» Instructions for the task
Beneath this instruction is a listing; print exactly the lines in it starting at the line that contains "for lemma in" and going through the line that contains "let arc = match".

┌────────

impl<'a> Log<'a> {
    /// An empty log of a search over classes of orders, whose lemmas go to these slots. One that isn't kept forgets all.
    pub fn new(
        instance: &'a Instance,
        classes: Classes,
        is_kept: bool,
        slots: Slots,
    ) -> Result<Log<'a>> {
        let alloc = instance.alloc;
        // How many of its own slots are taken at first.
        let taken = slots.taken.saturating_add(slots.jobs.saturating_sub(1));
        let count = taken.checked_div(slots.jobs).unwrap_or(0);
        Ok(Log {
            instance,
            classes,
            either: Table::new(alloc, NO_LEMMA),
            further: Table::new(alloc, NO_LEMMA),
            late: HashMap::new(alloc),
            delays: HashMap::new(alloc),
            is_kept,
            told: Vec::new(alloc),
            sets: MemberSets::new(alloc),
            slots,
            used: BTreeSet::new(alloc),
            forgotten: BTreeSet::new(alloc),
            count,
            free: Vec::new(alloc),
        })
    }

    /// The class of a literal, and its side: 0 if it is the class's own literal, 1 if it is the negation. None of a bound.
    fn side_of(&self, literal: Literal) -> Option<(u32, u32)> {
        let class = literal.variable().checked_sub(self.instance.count())?;
        (class < self.classes.count()).then_some((class, literal.slot % 2))
    }

    /// The edge of a literal: the first one of a side of a class.
    fn edge(&self, literal: Literal) -> Edge {
        let activity = literal.variable();
        match self.side_of(literal) {
            Some((class, side)) => self.classes.first_edge(class, side),
            None if literal.is_lower() => Edge::new(0, activity, literal.value),
            None => Edge::new(activity, 0, literal.value),
        }
    }

    /// The edge of a literal in a lemma. That of a side of a class holds just where the first one of the other side does not.
    fn supposed(&self, literal: Literal) -> Edge {
        match self.side_of(literal) {
            Some((class, side)) => reverse(self.classes.first_edge(class, 1u32.wrapping_sub(side))),
            None => self.edge(literal),
        }
    }

    /// Whether an edge between two activities shows a literal of their class: by walks and lemmas.
    pub(crate) fn is_shown_by(&self, literal: Literal, edge: Edge) -> bool {
        let reaches = |known: Edge| {
            (known.from, known.to) == (edge.from, edge.to) && edge.weight >= known.weight
        };
        let Some((class, _)) = self.side_of(literal) else {
            return false;
        };
        let shows_order = edge.weight > self.instance.durations[edge.to].wrapping_neg();
        !self.classes.is_loose(class) && shows_order
            || reaches(self.supposed(literal))
            || reaches(self.edge(literal))
    }

    /// The lemma by which an order's edge of this number holds where its side does; none if it is the first one.
    pub(crate) fn further(&self, edge: u32) -> Option<u32> {
        let lemma = self.further[edge];
        (lemma != NO_LEMMA).then_some(lemma)
    }

    /// The arc of a decision that is one side of a split: the arcs of two sides are each other's reverse.
    pub fn side(&self, literal: Literal, is_second: bool) -> Lag {
        lag(match is_second {
            true => self.edge(literal),
            false => self.supposed(literal),
        })
    }

    /// Adds the lines that show a literal, or that none is left. What arcs alone show needs none.
    fn put(&self, lines: &mut Vec<Line>, link: Inference) -> Result<()> {
        let Inference { literal, reason } = link;
        match reason {
            LineReason::Arcs | LineReason::Force => {}
            LineReason::Use { lemma } => lines.push(Line::Use(lemma as usize))?,
            LineReason::Load { resource, from, to } => {
                let over = WindowOverload::Load {
                    resource: resource as usize,
                    from: i64::from(from),
                    to: i64::from(to),
                };
                let arc = self.arc_shown(literal);
                lines.push(Line::Push { arc, over })?;
            }
            LineReason::Clique { set, from, to } => {
                self.put_clique(lines, literal, set, (from, to))?;
            }
        }
        self.put_order(lines, link)
    }

    /// The arc of a literal, if there is one.
    fn arc_shown(&self, literal: Literal) -> Option<Lag> {
        (literal != NEVER).then_some(lag(self.edge(literal)))
    }

    /// Adds the lines of the members of a set, which have to run from one time to another.
    fn put_clique(
        &self,
        lines: &mut Vec<Line>,
        literal: Literal,
        set: u32,
        (from, to): (i32, i32),
    ) -> Result<()> {
        for lemma in self.sets.uses(set) {
            lines.push(Line::Use(*lemma as usize))?;
        }
        if self.sets.len(set) < 2 {
            return Ok(());
        }
        let over = self.sets.overload(set, from, to)?;
        let arc = match self.sets.shown(set) {
            // What contradicts the literal is there already, unless that takes a lemma.
            Some(late) if literal == NEVER && self.lemma_of(late).is_none() => None,
            Some(late) => Some(lag(late.edge())),
            None => self.arc_shown(literal),
        };
        lines.push(Line::Push { arc, over })?;
        Ok(())
    }

    /// The lemma by which a side of a class holds where what a reason shows of two members does, if no walk says it.
    fn lemma_of_shown(&self, reason: LineReason) -> Option<u32> {
        match reason {
            LineReason::Clique { set, .. } => self
                .sets
                .shown(set)
                .and_then(|late: Late| self.lemma_of(late)),
            _ => None,
        }
    }

    /// Adds the line by which all of a literal's side holds, where it is one of a class: what a reason shows of an order is
    /// that the other one does not fit.
    fn put_order(&self, lines: &mut Vec<Line>, link: Inference) -> Result<()> {
        let Inference { literal, reason } = link;
        let either = self.side_of(literal).map(|(class, _)| self.either[class]);
        match (self.lemma_of_shown(reason), either) {
            (Some(lemma), _) => lines.push(Line::Use(lemma as usize))?,
            (None, None) => {}
            (None, Some(NO_LEMMA)) => {
                if matches!(reason, LineReason::Force | LineReason::Clique { .. }) {
                    lines.push(force(self.edge(literal)))?;
                }
            }
            (None, Some(lemma)) => lines.push(Line::Use(lemma as usize))?,
        }
        Ok(())
    }

    /// The lemma by which a side of a class holds where two members stand so, if no walk says it.
    fn lemma_of(&self, late: Late) -> Option<u32> {
        self.late.get(&late).copied()
    }

    /// Whether some of these orders, each as it is not, follow by lemmas alone.
    pub(crate) fn needs_any(&self, orders: &[Late]) -> bool {
        !self.late.is_empty()
            && orders
                .iter()
                .any(|late: &Late| self.lemma_of(*late).is_some())
    }

    /// Whether a literal is one of a class that is more than an order.
    pub(crate) fn is_delayed(&self, literal: Literal) -> bool {
        self.side_of(literal)
            .is_some_and(|(class, _)| self.either[class] != NO_LEMMA)
    }

    /// Tells a lemma with its lines.
    fn tell(&mut self, number: u32, lbd: u32, arcs: Vec<Lag>, lines: Vec<Line>) -> Result<()> {
        let event = Event::Lemma {
            slot: number as usize,
            arcs: Lags::new(arcs),
            lines: Lines::new(lines),
        };
        self.told.push(LoggedEvent { event, lbd })?;
        Ok(())
    }

    /// A lemma of one edge, which always holds, or of none, with its lines.
    fn tell_root(&mut self, edge: Option<Edge>, lines: Vec<Line>) -> Result<()> {
        let mut arcs = Vec::new(self.instance.alloc);
        if let Some(edge) = edge {
            arcs.push(lag(reverse(edge)))?;
        }
        self.tell(0, 0, arcs, lines)
    }

    /// The order of an edge always holds, as the other order does not fit.
    pub fn order(&mut self, edge: Edge) -> Result<()> {
        if !self.is_kept {
            return Ok(());
        }
        let mut lines = Vec::new(self.instance.alloc);
        lines.push(force(edge))?;
        self.tell_root(Some(edge), lines)
    }

    /// A literal always holds. What holds by lags and orders alone needs no event.
    pub fn root(&mut self, link: Inference) -> Result<()> {
        let mut lines = Vec::new(self.instance.alloc);
        self.put(&mut lines, link)?;
        if self.is_kept && !lines.is_empty() {
            let edge = self.edge(link.literal);
            self.tell_root(Some(edge), lines)?;
        }
        Ok(())
    }

    /// No schedule is left.
    pub fn end(&mut self, reason: LineReason) -> Result<()> {
        let (mut lines, literal) = (Vec::new(self.instance.alloc), NEVER);
        self.put(&mut lines, Inference { literal, reason })?;
        if self.is_kept {
            self.tell_root(None, lines)?;
        }
        Ok(())
    }

    /// Tells what a record needs of the classes that are more than an order.
    pub(crate) fn tell_classes(&mut self) -> Result<()> {
        if !self.is_kept || self.classes.lemmas.is_empty() {
            return Ok(());
        }
        let (classes, edges) = (self.classes.count(), self.classes.edges.values.count());
        self.either.fill(classes as usize, NO_LEMMA)?;
        self.further.fill(edges as usize, NO_LEMMA)?;
        for place in 0..self.classes.proofs.count() {
            self.tell_delay(place)?;
        }
        Ok(())
    }

    /// Tells a lemma of a class, with the orders that show it.
    fn tell_delay(&mut self, place: u32) -> Result<()> {
        let Some(lemma) = self.classes.lemmas.get(place as usize).copied() else {
            return Ok(());
        };
        let alloc = self.instance.alloc;
        let (mut arcs, mut lines) = (Vec::new(alloc), Vec::new(alloc));
        for edge in lemma.edges {
            arcs.push(lag(edge))?;
        }
        for Rivals { first, second } in self.classes.proofs.row(place) {
            lines.push(force(Edge::new(*first, *second, 0)))?;
        }
        let number = self.number()?;
        match lemma.shown {
            Shown::Either { class } => self.either[class] = number,
            Shown::Further { edge } => self.further[edge] = number,
            Shown::Late(late) => {
                self.late.insert(late, number)?;
            }
            Shown::Delay { from, to } => {
                self.delays.insert((from, to), number)?;
            }
            Shown::Apart => {}
        }
        self.tell(number, OWN, arcs, lines)
    }

    /// A number that no lemma has.
    fn number(&mut self) -> Result<u32> {
        let Slots { job, jobs, .. } = self.slots;
        let next = self.count.wrapping_mul(jobs).wrapping_add(job);
        let number = self.free.pop().unwrap_or(next);
        self.count = self.count.wrapping_add(u32::from(number == next));
        self.used.insert(number)?;
        Ok(number)
    }

    /// Not all literals of a nogood hold, since these links follow from them, in the order of their events, up to the one
    /// that contradicts them, which has no literal. Gives the lemma's number; one of one literal, which always fails, has
    /// none of its own.
    pub fn lemma(
        &mut self,
        nogood: &[Literal],
        lbd: u32,
        links: &[(u32, Inference)],
    ) -> Result<u32> {
        if !self.is_kept {
            return Ok(0);
        }
        let number = match nogood.len() {
            0 | 1 => 0,
            _ => self.number()?,
        };
        let arcs = self.supposed_all(nogood)?;
        let lines = self.lines_of(nogood, links)?;
        self.tell(number, lbd, arcs, lines)?;
        Ok(number)
    }

    /// The arcs of the literals of a lemma.
    fn supposed_all(&self, nogood: &[Literal]) -> Result<Vec<Lag>> {
        let mut arcs = Vec::with_capacity(self.instance.alloc, nogood.len())?;
        for literal in nogood {
            arcs.push(lag(self.supposed(*literal)))?;
        }
        Ok(arcs)
    }

    /// The lines of a lemma: those of its literals, and then those of what follows from them.
    fn lines_of(&self, nogood: &[Literal], links: &[(u32, Inference)]) -> Result<Vec<Line>> {
        let most = nogood.len().saturating_add(links.len());
        let mut lines = Vec::with_capacity(self.instance.alloc, most)?;
        for literal in nogood {
            let (literal, reason) = (*literal, LineReason::Force);
            self.put(&mut lines, Inference { literal, reason })?;
        }
        for (_, link) in links {
            self.put(&mut lines, *link)?;
        }
        Ok(lines)
    }

    /// The lemma of a number, which is another search's, is used from now on.
    pub fn import(&mut self, number: u32) -> Result<()> {
        self.forgotten.remove(&number);
        self.used.insert(number)?;
        Ok(())
    }

    /// The lemma of a number is forgotten.
    pub fn forget(&mut self, number: u32) -> Result<()> {
        if self.used.remove(&number) {
            self.forgotten.insert(number)?;
            let (slot, lbd) = (number as usize, 0);
            let event = Event::Drop { slot };
            self.told.push(LoggedEvent { event, lbd })?;
        }
        Ok(())
    }

    /// All lemmas are forgotten.
    pub fn forget_all(&mut self) -> Result<()> {
        let used: Vec<u32> = self.used.iter().copied().collect(self.instance.alloc)?;
        for number in &used {
            self.forget(*number)?;
        }
        Ok(())
    }

    /// No search uses the lemma of a number any more: one of the search's own is free again.
    pub fn release(&mut self, number: u32) -> Result<()> {
        if self.forgotten.remove(&number) {
            self.free.push(number)?;
        }
        Ok(())
    }

    /// Keeps a set of members of a clique or a machine, which rise, until the events are handed on, with the orders of members
    /// that it needs, each as it is not, and the one that it shows. Gives its number.
    pub(crate) fn set(
        &mut self,
        kind: Apart,
        members: &[Member],
        orders: &[Late],
        shown: Option<Late>,
    ) -> Result<u32> {
        let lemmas = orders.iter().filter_map(|late: &Late| self.lemma_of(*late));
        let uses: Vec<u32> = lemmas.collect(self.instance.alloc)?;
        self.keep(kind, members, &uses, shown)
    }

    /// Keeps a set of intervals of groups, which rise, until the events are handed on, with the delays of anchors that it
    /// needs. Gives its number.
    pub(crate) fn tour(&mut self, members: &[Member], delays: &[(u32, u32)]) -> Result<u32> {
        let lemmas = delays
            .iter()
            .filter_map(|anchors| self.delays.get(anchors).copied());
        let uses: Vec<u32> = lemmas.collect(self.instance.alloc)?;
        self.keep(Apart::Intervals, members, &uses, None)
    }

    /// Keeps a set, if events are kept. Gives its number.
    fn keep(
        &mut self,
        kind: Apart,
        members: &[Member],
        uses: &[u32],
        shown: Option<Late>,
    ) -> Result<u32> {
        match self.is_kept {
            true => self.sets.push(kind, members, uses, shown),
            false => Ok(0),
        }
    }

    /// Hands on the events.
    pub fn take(&mut self) -> Vec<LoggedEvent> {
        let alloc = self.instance.alloc;
        self.sets = MemberSets::new(alloc);
        mem::replace(&mut self.told, Vec::new(alloc))
    }
}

└────────

» Response box
        for lemma in self.sets.uses(set) {
            lines.push(Line::Use(*lemma as usize))?;
        }
        if self.sets.len(set) < 2 {
            return Ok(());
        }
        let over = self.sets.overload(set, from, to)?;
        let arc = match self.sets.shown(set) {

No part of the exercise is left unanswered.